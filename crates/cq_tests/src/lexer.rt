//! Tokens of texts from outside.
ghost use Rattle.std.specs.Prelude.{◌≤◌, length};

use pgn_lexer::TokenKind::{
    BadByte, Close, Comment, LeftParen, LineComment, Nag, Null, Open, Period, RightParen, Star,
    Symbol, Text, UnclosedComment, UnclosedText,
};
use pgn_lexer::{Token, TokenKind, tokens};
use std::alloc::Global;
use std::test::Fail;

/// A row of the table: a text, and the place, the length and the kind of each of its tokens.
type LexerCase<'a> = (&'a [u8], &'a [(u64, u32, TokenKind)]);

static ROWS: [LexerCase<'static>; 25] = [
    (b"", &[]),
    (b" \t\n\x0b\x0c\r ", &[]),
    (
        b"1. e4 {never closed",
        &[
            (0, 1, Symbol),
            (1, 1, Period),
            (3, 2, Symbol),
            (6, 13, UnclosedComment),
        ],
    ),
    (
        b"1. e4 $256 *",
        &[
            (0, 1, Symbol),
            (1, 1, Period),
            (3, 2, Symbol),
            (6, 4, Nag(256)),
            (11, 1, Star),
        ],
    ),
    (
        b"$0 $007 $255 $99999999999",
        &[
            (0, 2, Nag(0)),
            (3, 4, Nag(7)),
            (8, 4, Nag(255)),
            (13, 12, Nag(256)),
        ],
    ),
    (b"Qh5!?", &[(0, 3, Symbol), (3, 2, Nag(5))]),
    (
        b"! ? !! ?? !? ?!",
        &[
            (0, 1, Nag(1)),
            (2, 1, Nag(2)),
            (4, 2, Nag(3)),
            (7, 2, Nag(4)),
            (10, 2, Nag(5)),
            (13, 2, Nag(6)),
        ],
    ),
    (b"!!?", &[(0, 2, Nag(3)), (2, 1, Nag(2))]),
    (b"$", &[(0, 1, BadByte)]),
    (b"$x", &[(0, 1, BadByte), (1, 1, Symbol)]),
    (b"--", &[(0, 2, Null)]),
    (b"-", &[(0, 1, BadByte)]),
    (b"---", &[(0, 2, Null), (2, 1, BadByte)]),
    (b"1-0x", &[(0, 4, Symbol)]),
    (b"1/2-1/2", &[(0, 7, Symbol)]),
    (
        b"O-O+ e8=Q# a_b:c",
        &[(0, 4, Symbol), (5, 5, Symbol), (11, 5, Symbol)],
    ),
    (b"e4;to the end", &[(0, 2, Symbol), (2, 11, LineComment)]),
    (
        b"e4;to\nthe end",
        &[
            (0, 2, Symbol),
            (2, 3, LineComment),
            (6, 3, Symbol),
            (10, 3, Symbol),
        ],
    ),
    (
        b"%skipped\ne4 %not",
        &[(9, 2, Symbol), (12, 1, BadByte), (13, 3, Symbol)],
    ),
    (b"e4\r\n%skipped\r\ne5", &[(0, 2, Symbol), (14, 2, Symbol)]),
    (
        b"\"over\nit\"",
        &[(0, 5, UnclosedText), (6, 2, Symbol), (8, 1, UnclosedText)],
    ),
    (b"\"a\\\"b\\\\c\\n\"", &[(0, 11, Text)]),
    (
        b"\"a\\\n\"\\",
        &[(0, 3, UnclosedText), (4, 2, UnclosedText)],
    ),
    (
        b"{a;b%c\"}{a{b}c}",
        &[
            (0, 8, Comment),
            (8, 5, Comment),
            (13, 1, Symbol),
            (14, 1, BadByte),
        ],
    ),
    (
        b"[]().*",
        &[
            (0, 1, Open),
            (1, 1, Close),
            (2, 1, LeftParen),
            (3, 1, RightParen),
            (4, 1, Period),
            (5, 1, Star),
        ],
    ),
];

fn is_token(token: &Token, want: Option<&(u64, u32, TokenKind)>) -> bool {
    match want {
        Some((at, len, kind)) => token.at == at.saturating_add(1000)
            && token.len == *len
            && token.kind == *kind,
        None => false,
    }
}

fn are_tokens(found: &[Token], want: &[(u64, u32, TokenKind)]) -> bool {
    for k in 0..found.len() {
        if !is_token(&found[k], want.get(k)) {
            return false;
        }
    }
    found.len() == want.len()
}

// Returns true if a text, whose first byte is byte 1000, has these tokens.
fn has_tokens(alloc: Global, text: &[u8], want: &[(u64, u32, TokenKind)]) -> Result<bool, Fail>
    requires { length text.now ≤ 64 }
{
    Ok(are_tokens(tokens(alloc, text, 1000, true)?.as_slice(), want))
}

fn is_right(alloc: Global, row: &LexerCase<'_>) -> Result<bool, Fail> {
    if row.0.len() > 64 {
        return Ok(false);
    }
    has_tokens(alloc, row.0, row.1)
}

#[test]
fn texts_have_their_tokens(rt: HostRuntime) -> Result<(), Fail> {
    for row in ROWS.iter() {
        assert!(rt; is_right(rt.alloc(), row)?);
    }
    Ok(())
}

## TASK BRIEF
When you output the entries, keep every line exactly as it appears above.

## REPLY TO THE TASK
filename crates/cq_tests/src/lexer.rt
//! Tokens of texts from outside.
ghost use Rattle.std.specs.Prelude.{◌≤◌, length};

use pgn_lexer::TokenKind::{
    BadByte, Close, Comment, LeftParen, LineComment, Nag, Null, Open, Period, RightParen, Star,
    Symbol, Text, UnclosedComment, UnclosedText,
};
use pgn_lexer::{Token, TokenKind, tokens};
use std::alloc::Global;
use std::test::Fail;

/// A row of the table: a text, and the place, the length and the kind of each of its tokens.
type LexerCase<'a> = (&'a [u8], &'a [(u64, u32, TokenKind)]);

static ROWS: [LexerCase<'static>; 25] = [
    (b"", &[]),
    (b" \t\n\x0b\x0c\r ", &[]),
    (
        b"1. e4 {never closed",
        &[
            (0, 1, Symbol),
            (1, 1, Period),
            (3, 2, Symbol),
            (6, 13, UnclosedComment),
        ],
    ),
    (
        b"1. e4 $256 *",
        &[
            (0, 1, Symbol),
            (1, 1, Period),
            (3, 2, Symbol),
            (6, 4, Nag(256)),
            (11, 1, Star),
        ],
    ),
    (
        b"$0 $007 $255 $99999999999",
        &[
            (0, 2, Nag(0)),
            (3, 4, Nag(7)),
            (8, 4, Nag(255)),
            (13, 12, Nag(256)),
        ],
    ),
    (b"Qh5!?", &[(0, 3, Symbol), (3, 2, Nag(5))]),
    (
        b"! ? !! ?? !? ?!",
        &[
            (0, 1, Nag(1)),
            (2, 1, Nag(2)),
            (4, 2, Nag(3)),
            (7, 2, Nag(4)),
            (10, 2, Nag(5)),
            (13, 2, Nag(6)),
        ],
    ),
    (b"!!?", &[(0, 2, Nag(3)), (2, 1, Nag(2))]),
    (b"$", &[(0, 1, BadByte)]),
    (b"$x", &[(0, 1, BadByte), (1, 1, Symbol)]),
    (b"--", &[(0, 2, Null)]),
    (b"-", &[(0, 1, BadByte)]),
    (b"---", &[(0, 2, Null), (2, 1, BadByte)]),
    (b"1-0x", &[(0, 4, Symbol)]),
    (b"1/2-1/2", &[(0, 7, Symbol)]),
    (
        b"O-O+ e8=Q# a_b:c",
        &[(0, 4, Symbol), (5, 5, Symbol), (11, 5, Symbol)],
    ),
    (b"e4;to the end", &[(0, 2, Symbol), (2, 11, LineComment)]),
    (
        b"e4;to\nthe end",
        &[
            (0, 2, Symbol),
            (2, 3, LineComment),
            (6, 3, Symbol),
            (10, 3, Symbol),
        ],
    ),
    (
        b"%skipped\ne4 %not",
        &[(9, 2, Symbol), (12, 1, BadByte), (13, 3, Symbol)],
    ),
    (b"e4\r\n%skipped\r\ne5", &[(0, 2, Symbol), (14, 2, Symbol)]),
    (
        b"\"over\nit\"",
        &[(0, 5, UnclosedText), (6, 2, Symbol), (8, 1, UnclosedText)],
    ),
    (b"\"a\\\"b\\\\c\\n\"", &[(0, 11, Text)]),
    (
        b"\"a\\\n\"\\",
        &[(0, 3, UnclosedText), (4, 2, UnclosedText)],
    ),
    (
        b"{a;b%c\"}{a{b}c}",
        &[
            (0, 8, Comment),
            (8, 5, Comment),
            (13, 1, Symbol),
            (14, 1, BadByte),
        ],
    ),
    (
        b"[]().*",
        &[
            (0, 1, Open),
            (1, 1, Close),
            (2, 1, LeftParen),
            (3, 1, RightParen),
            (4, 1, Period),
            (5, 1, Star),
        ],
    ),
];

fn is_token(token: &Token, want: Option<&(u64, u32, TokenKind)>) -> bool {
    match want {
        Some((at, len, kind)) => token.at == at.saturating_add(1000)
            && token.len == *len
            && token.kind == *kind,
        None => false,
    }
}

fn are_tokens(found: &[Token], want: &[(u64, u32, TokenKind)]) -> bool {
    for k in 0..found.len() {
        if !is_token(&found[k], want.get(k)) {
            return false;
        }
    }
    found.len() == want.len()
}

// Returns true if a text, whose first byte is byte 1000, has these tokens.
fn has_tokens(alloc: Global, text: &[u8], want: &[(u64, u32, TokenKind)]) -> Result<bool, Fail>
    requires { length text.now ≤ 64 }
{
    Ok(are_tokens(tokens(alloc, text, 1000, true)?.as_slice(), want))
}

fn is_right(alloc: Global, row: &LexerCase<'_>) -> Result<bool, Fail> {
    if row.0.len() > 64 {
        return Ok(false);
    }
    has_tokens(alloc, row.0, row.1)
}

#[test]
fn texts_have_their_tokens(rt: HostRuntime) -> Result<(), Fail> {
    for row in ROWS.iter() {
        assert!(rt; is_right(rt.alloc(), row)?);
    }
    Ok(())
}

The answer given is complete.